The museum’s collection, built over a period of thirty years, comprises bronze images; lamps and incense burners: ritual accessories: utensils and other items of everyday use: wood and stone carvings; papier mache; ivories, dolls, toys, puppets and masks; jewellery; decorative metal ware including bidri work; paintings; terracotta; cane and bamboo work and a large number of textiles, from different regions of India. Galleries of folk and tribal arts and crafts, aristocratic objects, and that of traditional Indian textiles, display selected objects within these categories which are unavoidably overlapping as the culture itself. Moreover, there is a “Visual Store’ for reference, comprising about 15.000 objects which can be used by scholars, designers, craftsmen and interested public for study and research. While brief captions provide basic information about the displayed objects, for further information the Museum’s catalogue could be consulted.

The Crafts Museum Shop on the premises sells books, picture-postcards and a whole range of exquisite contemporary handicrafts. The objective of the shop is to sell original creations” the finest Indian crafts persons and not to market mechanically replicated souvenir.

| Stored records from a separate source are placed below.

//! Number tokens.

ghost use Rattle.std.specs.Prelude.{◌≡◌, ◌&&◌, ◌<◌, ◌^◌, length, drop};
ghost use Rattle.std.specs.Str.{chars};
ghost use Rattle.std.specs.List.{list_all};
ghost use Rattle.ssr_syntax_lex.specs.Numbers as spec;
ghost use Rattle.ssr_syntax_lex.specs.Characters.{is_digit_or_underscore, continues_word};
ghost use Rattle.ssr_syntax_lex.specs.Cursor.{past};
ghost use Rattle.ssr_syntax_lex.specs.Private.Steps.{comes_point};

use crate::characters::{
    continues_word, is_digit, is_digit_or_underscore, is_exponent_mark, starts_word,
};
use crate::cursor::{Cursor, split_last_char};
use ssr_syntax_kinds::SyntaxKind;

/// Whether a text is digits and `_` only.
#[tactic(auto, using(crate::proofs::NumberLaws::all_passed))]
fn is_plain(text: &str) -> bool
    requires { length text.now < 2 ^ 32 }
    ensures { result ≡ list_all is_digit_or_underscore (chars text.now) }
{
    let mut rest = Cursor::new(text);
    rest.eat_while(is_digit_or_underscore);
    rest.is_empty()
}

/// Whether a text begins with `0x`, `0o` or `0b`.
fn has_radix(text: &str) -> bool
    requires { length text.now < 2 ^ 32 }
    ensures { result ≡ spec.has_radix (chars text.now) }
{
    let text = Cursor::new(text);
    text.is_pair('0', 'x') || text.is_pair('0', 'o') || text.is_pair('0', 'b')
}

fn ends_with_exponent_mark(text: &str) -> bool
    ensures { result ≡ spec.ends_with_exponent_mark (chars text.now) }
{
    let Some((_, last)) = split_last_char(text) else {
        return false;
    };
    is_exponent_mark(last)
}

/// Whether the first character of a text that is no digit and no `_` is `e` or `E`, and the text has no radix.
fn has_exponent(text: &str) -> bool
    requires { length text.now < 2 ^ 32 }
    ensures { result ≡ spec.has_exponent (chars text.now) }
{
    if has_radix(text) {
        return false;
    }
    let mut rest = Cursor::new(text);
    rest.eat_while(is_digit_or_underscore);
    rest.first().is_some_and(is_exponent_mark)
}

/// Whether a point comes next that belongs to a number of digits and `_` in front of it.
fn is_point(cursor: &Cursor<'_>) -> bool
    ensures { result ≡ comes_point cursor.now }
{
    cursor.is_at('.') && !cursor.is_second('.') && !cursor.second().is_some_and(starts_word)
}

/// Whether a sign and a digit come next.
fn is_signed_digit(cursor: &Cursor<'_>) -> bool
    ensures { result ≡ spec.is_signed_digit cursor.now }
{
    (cursor.is_at('+') || cursor.is_at('-')) && cursor.second().is_some_and(is_digit)
}

/// Whether a text ends with `e` or `E`, and a sign and a digit come next.
fn has_signed_exponent(text: &str, cursor: &Cursor<'_>) -> bool
    ensures { result ≡ (spec.ends_with_exponent_mark (chars text.now) && spec.is_signed_digit cursor.now) }
{
    ends_with_exponent_mark(text) && is_signed_digit(cursor)
}

/// Whether a sign that comes next belongs to the number that begins with this run.
fn takes_sign(run: &str, cursor: &Cursor<'_>) -> bool
    requires { length run.now < 2 ^ 32 }
    ensures { result ≡ spec.takes_sign (chars run.now, cursor.now) }
{
    !has_radix(run) && has_signed_exponent(run, cursor)
}

/// Passes over a number, and gives its kind. `dots` counts the `.` directly in front of it.
#[tactic(auto, unfolding(crate::specs::Numbers::number))]
pub(crate) fn eat_number(cursor: &mut Cursor<'_>, dots: u32) -> SyntaxKind
    ensures kind { result ≡ (spec.number dots cursor.old).0 }
    ensures rest { cursor.new ≡ (spec.number dots cursor.old).1 }
{
    if dots == 1 {
        cursor.eat_while(is_digit);
        return SyntaxKind::INT_NUMBER;
    }
    let run = cursor.eat_while(continues_word);
    if is_plain(run) {
        // Digits and `_` have no radix and no exponent, so that a point alone can make them a float.
        if !is_point(cursor) {
            return SyntaxKind::INT_NUMBER;
        }
        cursor.bump();
        let fraction = cursor.eat_while(continues_word);
        if has_signed_exponent(fraction, cursor) {
            eat_signed_run(cursor);
        }
        return SyntaxKind::FLOAT_NUMBER;
    }
    if takes_sign(run, cursor) {
        eat_signed_run(cursor);
        return SyntaxKind::FLOAT_NUMBER;
    }
    if has_exponent(run) {
        SyntaxKind::FLOAT_NUMBER
    } else {
        SyntaxKind::INT_NUMBER
    }
}

/// Passes over a sign, its digit and the run behind them.
fn eat_signed_run(cursor: &mut Cursor<'_>)
    ensures { cursor.new ≡ past continues_word (drop 2 cursor.old) }
{
    cursor.bump_pair();
    cursor.eat_while(continues_word);
}
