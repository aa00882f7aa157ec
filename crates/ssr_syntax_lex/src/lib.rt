//! Raw tokens of Rust texts: the lexer.
#![tactic(auto)]

mod characters;
mod cursor;
mod fault;
pub mod laws;
mod numbers;
mod raw;
mod scan;
mod tokens;
mod words;

pub use ssr_syntax_kinds::{SyntaxKind, TextRange, TokenRow, TokenRows};
pub use tokens::{LexError, LexFault, RawToken, lex, lex_rows};
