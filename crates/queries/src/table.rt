ghost use Rattle.std.specs.Prelude.{◌≡◌, ◌+◌, ◌<◌, [], None, false, if◌then◌else◌, length, map};
ghost use Rattle.std.specs.Prelude.{IfOk, OnOk, OnErr, MatchOption};
ghost use Rattle.std.specs.Option.{option_copied};
ghost use Rattle.fission_ids.specs.declared.outcome.Outcome.TheVariants.{Aborted};
ghost use Rattle.queries.specs.Row.{is_of, is_for, settled};
ghost use Rattle.queries.specs.Table.{AreNumbered, SettledStay, is_pending_in, next_query, settle_where};
ghost use Rattle.queries.specs.Table.{state_in, with_query};

use crate::row::{QState, QueryRow};
use fission_ids::{Duplicate, OutOfMemory, Outcome, QueryId, Text, WindowId};
use std::alloc::Global;
use std::marker::Model;

/// The queries that one side asked. Seen as who asks, and the rows by rising serial.
#[derive(Debug, Drop)]
pub struct QueryTable {
    creator: u8,
    rows: Vec<QueryRow>,
}

impl Model for QueryTable {
    ghost use Rattle.queries.specs.Table.{Asked, AreNumbered};

    ghost Value = { Asked };

    ghost view = { λ t. record { creator = t.creator; rows = t.rows.items } };

    ghost invariant = { λ t. AreNumbered t.creator 1 t.rows.items };
}

impl QueryTable {
    /// A table for this creator of queries, which is 0 for the parent and p + 1 for process p. None was
    /// asked.
    pub fn new(alloc: Global, creator: u8) -> QueryTable
        ensures { result ≡ record { creator = creator; rows = [] } }
    {
        QueryTable {
            creator,
            rows: Vec::new(alloc),
        }
    }

    /// The queries in the order asked. Their serials count from 1.
    pub fn rows(&self) -> &[QueryRow]
        ensures rows { result.now ≡ self.now.rows }
        ensures numbered { AreNumbered self.now.creator 1 self.now.rows }
    {
        self.rows.as_slice()
    }

    /// Asks a query on a window, of the actor of this name, and gives its id, which was never given before.
    /// It is pending. On Err the table stays as it was.
    pub fn ask(&mut self, w: WindowId, actor: Text) -> Result<QueryId, OutOfMemory>
        requires room { length self.old.rows < 4294967295 }
        ensures id { IfOk result (λ q. q ≡ next_query self.old) }
        ensures ok { OnOk result (self.new ≡ with_query w actor self.old) }
        ensures err { OnErr result (self.new ≡ self.old) }
        ensures fresh { IfOk result (λ q. state_in q self.old.rows ≡ None) }
        ensures stay { SettledStay self.old.rows self.new.rows }
    {
        let query = self.next();
        self.rows.push(QueryRow {
            query,
            window: w,
            actor,
            state: QState::Pending,
        })?;
        Ok(query)
    }

    /// Settles a query as this outcome. False exactly where it isn't pending, and then the table stays as
    /// it was. Takes the time of a look-up by index.
    pub fn settle(&mut self, q: QueryId, o: Outcome) -> bool
        ensures told { result ≡ is_pending_in q self.old.rows }
        ensures table { self.new ≡ record self.old { rows = settle_where (is_for q) o self.old.rows } }
        ensures unchanged { result ≡ false → self.new ≡ self.old }
        ensures stay { SettledStay self.old.rows self.new.rows }
    {
        let Some(index) = self.index(q) else {
            return false;
        };
        self.rows[index].settle(o)
    }

    /// Settles as aborted the pending queries that were asked on this window, and no others. Takes no
    /// memory, and time linear in the queries.
    pub fn abort_all(&mut self, w: WindowId)
        ensures table { self.new ≡ record self.old { rows = settle_where (is_of w) Aborted self.old.rows } }
        ensures stay { SettledStay self.old.rows self.new.rows }
    {
        abort_each(self.rows.as_mut_slice(), w);
    }

    /// How a query stands. None exactly where it was never asked. Takes the time of a look-up by index.
    pub fn state(&self, q: QueryId) -> Option<&QState>
        ensures { option_copied result ≡ state_in q self.now.rows }
    {
        let index = self.index(q)?;
        Some(&self.rows[index].state)
    }

    // The id of the next query.
    fn next(&self) -> QueryId
        requires { length self.now.rows < 4294967295 }
        ensures { result ≡ next_query self.now }
    {
        QueryId {
            creator: self.creator,
            serial: self.rows.len() as u32 + 1,
        }
    }

    // The index of a query's row. None exactly where it was never asked.
    fn index(&self, q: QueryId) -> Option<usize>
        ensures { MatchOption result (state_in q self.now.rows ≡ None)
            (λ i. (i < length self.now.rows) × (q ≡ record { creator = self.now.creator; serial = i + 1 })) }
    {
        if q.creator != self.creator {
            return None;
        }
        let index = (q.serial as usize).checked_sub(1)?;
        if index < self.rows.len() {
            Some(index)
        } else {
            None
        }
    }
}

impl Duplicate for QueryTable {
    fn copy(&self) -> Result<QueryTable, OutOfMemory> {
        Ok(QueryTable {
            creator: self.creator,
            rows: copied(*self.rows.allocator(), self.rows.as_slice())?,
        })
    }
}

// Equal rows.
fn copied(alloc: Global, rows: &[QueryRow]) -> Result<Vec<QueryRow>, OutOfMemory>
    ensures { IfOk result (λ v. v.items ≡ rows.now) }
{
    let mut copies = Vec::with_capacity(alloc, rows.len())?;
    for row in rows {
        copies.push(row.copy()?)?;
    }
    Ok(copies)
}

// Settles as aborted the pending queries of this window.
fn abort_each(rows: &mut [QueryRow], w: WindowId)
    ensures { rows.new ≡ settle_where (is_of w) Aborted rows.old }
{
    for row in rows.iter_mut() {
        row.abort(w);
    }
}
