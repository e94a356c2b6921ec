ghost use Rattle.std.specs.Prelude.{◌≡◌, if◌then◌else◌};
ghost use Rattle.fission_ids.specs.declared.outcome.Outcome.TheVariants.{Aborted};
ghost use Rattle.queries.specs.Row.{is_of, is_pending, settled};

use fission_ids::{Duplicate, OutOfMemory, Outcome, QueryId, Text, WindowId};

/// How a query stands. One that was never asked has no state.
#[derive(Debug, Drop)]
pub enum QState {
    /// It was asked, and neither was it answered nor did its window close.
    Pending,
    /// It was settled as this, for good.
    Settled(Outcome),
}

/// A query that was asked.
#[derive(Debug, Drop)]
pub struct QueryRow {
    /// Its id.
    pub query: QueryId,
    /// The window that it was asked on.
    pub window: WindowId,
    /// The name of the actor that it was asked of.
    pub actor: Text,
    /// How it stands.
    pub state: QState,
}

impl QState {
    // Whether the query is neither answered nor aborted.
    fn is_pending(&self) -> bool
        ensures { result ≡ is_pending self.now }
    {
        match self {
            QState::Pending => true,
            QState::Settled(_) => false,
        }
    }
}

impl QueryRow {
    // Settles the query if it is pending. False exactly where it isn't.
    pub(crate) fn settle(&mut self, o: Outcome) -> bool
        ensures row { self.new ≡ settled o self.old }
        ensures told { result ≡ is_pending self.old.state }
    {
        let is_pending = self.state.is_pending();
        if is_pending {
            self.state = QState::Settled(o);
        }
        is_pending
    }

    // Settles the query as aborted if it is pending and was asked on this window.
    pub(crate) fn abort(&mut self, w: WindowId)
        ensures { self.new ≡ (if is_of w self.old then settled Aborted self.old else self.old) }
    {
        if w == self.window {
            self.settle(Outcome::Aborted);
        }
    }
}

impl Duplicate for QState {
    fn copy(&self) -> Result<QState, OutOfMemory> {
        match self {
            QState::Pending => Ok(QState::Pending),
            QState::Settled(o) => Ok(QState::Settled(o.copy()?)),
        }
    }
}

impl Duplicate for QueryRow {
    fn copy(&self) -> Result<QueryRow, OutOfMemory> {
        Ok(QueryRow {
            query: self.query,
            window: self.window,
            actor: self.actor.copy()?,
            state: self.state.copy()?,
        })
    }
}
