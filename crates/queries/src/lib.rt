//! The queries that one side asked: on which window each was asked of which actor, and whether it is pending
//! or settled, and as what. A settled query never changes, and no id is given twice. Nothing here knows
//! whether a window is open, or how an ask or a reply travels.
#![tactic(auto)]

mod row;
mod table;

pub use row::{QState, QueryRow};
pub use table::QueryTable;

fn crosses<T: Send + Sync>() {}

// The types of this crate may go to another thread, and be shared.
fn types_cross() {
    crosses::<QState>();
    crosses::<QueryRow>();
    crosses::<QueryTable>();
}
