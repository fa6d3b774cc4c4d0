//! The laws.
ghost use Rattle.mpt_rules.specs.Law.{NothingIsStrange};
ghost use Rattle.mpt_rules.specs.World.Cases.{Case, entries, happens};
ghost use Rattle.mpt_rules.specs.World.Settings.{Setting, first_world};
ghost use Rattle.mpt_rules.specs.World.State.{World};
ghost use Rattle.law_facts.specs.DoorAhead.{Doorbell};
ghost use Rattle.law_facts.specs.Facts.{Facts};
ghost use Rattle.law_facts.specs.History.{History, history_after};
ghost use Rattle.law_bells.specs.Talks.{TalksStand};
ghost use Rattle.law_places.specs.Further.{VectorsFit};
ghost use Rattle.law_places.specs.Shown.{HavePlaces, ShownPlaces, TurnsKept};

/// Where all facts hold of a world, each identifier and each reply frame has one place in it, or none where a reset that goes on dropped its item.
pub fn facts_give_places()
    ensures { (w : World) (h : History) → Facts w h → HavePlaces w }
{}

/// Where all facts hold of a world and nothing on its way is strange to its host, each identifier and each reply frame has its place in the world that any
/// case leads to, in the turn of that place, and target resets wait there for commands of gone handles alone.
pub fn places_are_kept()
    ensures { (w : World) (h : History) (c : Case) → Facts w h → NothingIsStrange w → VectorsFit w → ShownPlaces (happens w c) (history_after h (entries w c)) }
{}

/// And the entries of the case go on in the cycles of identifiers and of reply frames.
pub fn cycles_are_kept()
    ensures { (w : World) (h : History) (c : Case) → Facts w h → NothingIsStrange w → VectorsFit w → TurnsKept h (entries w c) }
{}

/// No IOC Init asked for more reply queues than there are: at first, and behind any case of a world of which all facts hold.
pub fn vectors_stay_few()
    ensures first { (s : Setting) → VectorsFit (first_world s) }
    ensures kept { (w : World) (h : History) (c : Case) → Facts w h → NothingIsStrange w → VectorsFit w → VectorsFit (happens w c) }
{}

/// Where all facts and the further ones of the doorbell hold of a world, and nothing on its way is strange to its host, all facts of the doorbell hold of
/// the world that any case leads to.
pub fn doorbells_stand()
    ensures { (w : World) (h : History) (c : Case) → Facts w h → NothingIsStrange w → TalksStand w → Doorbell (happens w c) }
{}
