//! Laws of what becomes of an open command. The functions do nothing: what their contracts say is all that they are for.
#![tactic(auto)]

mod laws;

pub use laws::{results_have_outcomes, runs_stay_by_stage};
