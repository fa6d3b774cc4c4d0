//! The laws.
ghost use Rattle.mpt_rules.specs.Law.{NothingIsStrange};
ghost use Rattle.mpt_rules.specs.World.Cases.{Case, happens};
ghost use Rattle.mpt_rules.specs.World.Settings.{Setting, first_world};
ghost use Rattle.mpt_rules.specs.World.State.{World};
ghost use Rattle.law_facts.specs.Facts.{Facts};
ghost use Rattle.law_facts.specs.History.{History};
ghost use Rattle.law_places.specs.Further.{VectorsFit};
ghost use Rattle.law_records.specs.Records.{AbortsAreKnown, RecordsStand};

/// Where all facts hold of a world and nothing on its way is strange to its host, what is open under each identifier is what the host has of it by its
/// number in the world that any case leads to, what an abort names is open there, or parked for that abort alone, and each number names open records.
pub fn records_are_kept()
    ensures { (w : World) (h : History) (c : Case) → Facts w h → NothingIsStrange w → VectorsFit w → AbortsAreKnown w → RecordsStand (happens w c) }
{}

/// So it is in the first world of any setting.
pub fn records_stand_at_first()
    ensures { (s : Setting) → RecordsStand (first_world s) }
{}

The Museum’s Village Complex is a remnant of a temporary exhibition on the theme of rural India. Spread over an area of about four acres, the Village Complex comprises 15 structures representing village dwellings, courtyards and shrines from Arunachal Pradesh, Himachal Pradesh, Madhya Pradesh, Gujarat, Rajasthan, West Bengal, Tamil Nadu, Orissa and the Andaman 8t Nicobar Islands.

All the huts, courtyards and shrines are built in facsimile with regional construction material and by the respective village masons, artisans, thatcher’s and carpenters. In every hut and courtyard, items of day-to-day life are displayed.

Many a bare wall of the museum has provided a magnificent ‘canvas’ for visiting tribal and rural artists who have done paintings on them either by confining to their own inherited visual vocabulary or by introducing new creative experiments.

Every year ‘Creativity Workshop’ is organized to provide artisans from different countries a platform to demonstrate their craft and find new market opportunities. By an informal estimate, there are more than 30 million weavers, crafts persons and folk artists living in India who possess inherited skills and by which they earn their livelihood. In this programme, the museum invites about 50 crafts persons from all over the country to be in residence. The programme has proved to be extremely popular with school children, art students, artists, designers, the craft trade and the art loving public from all over the world.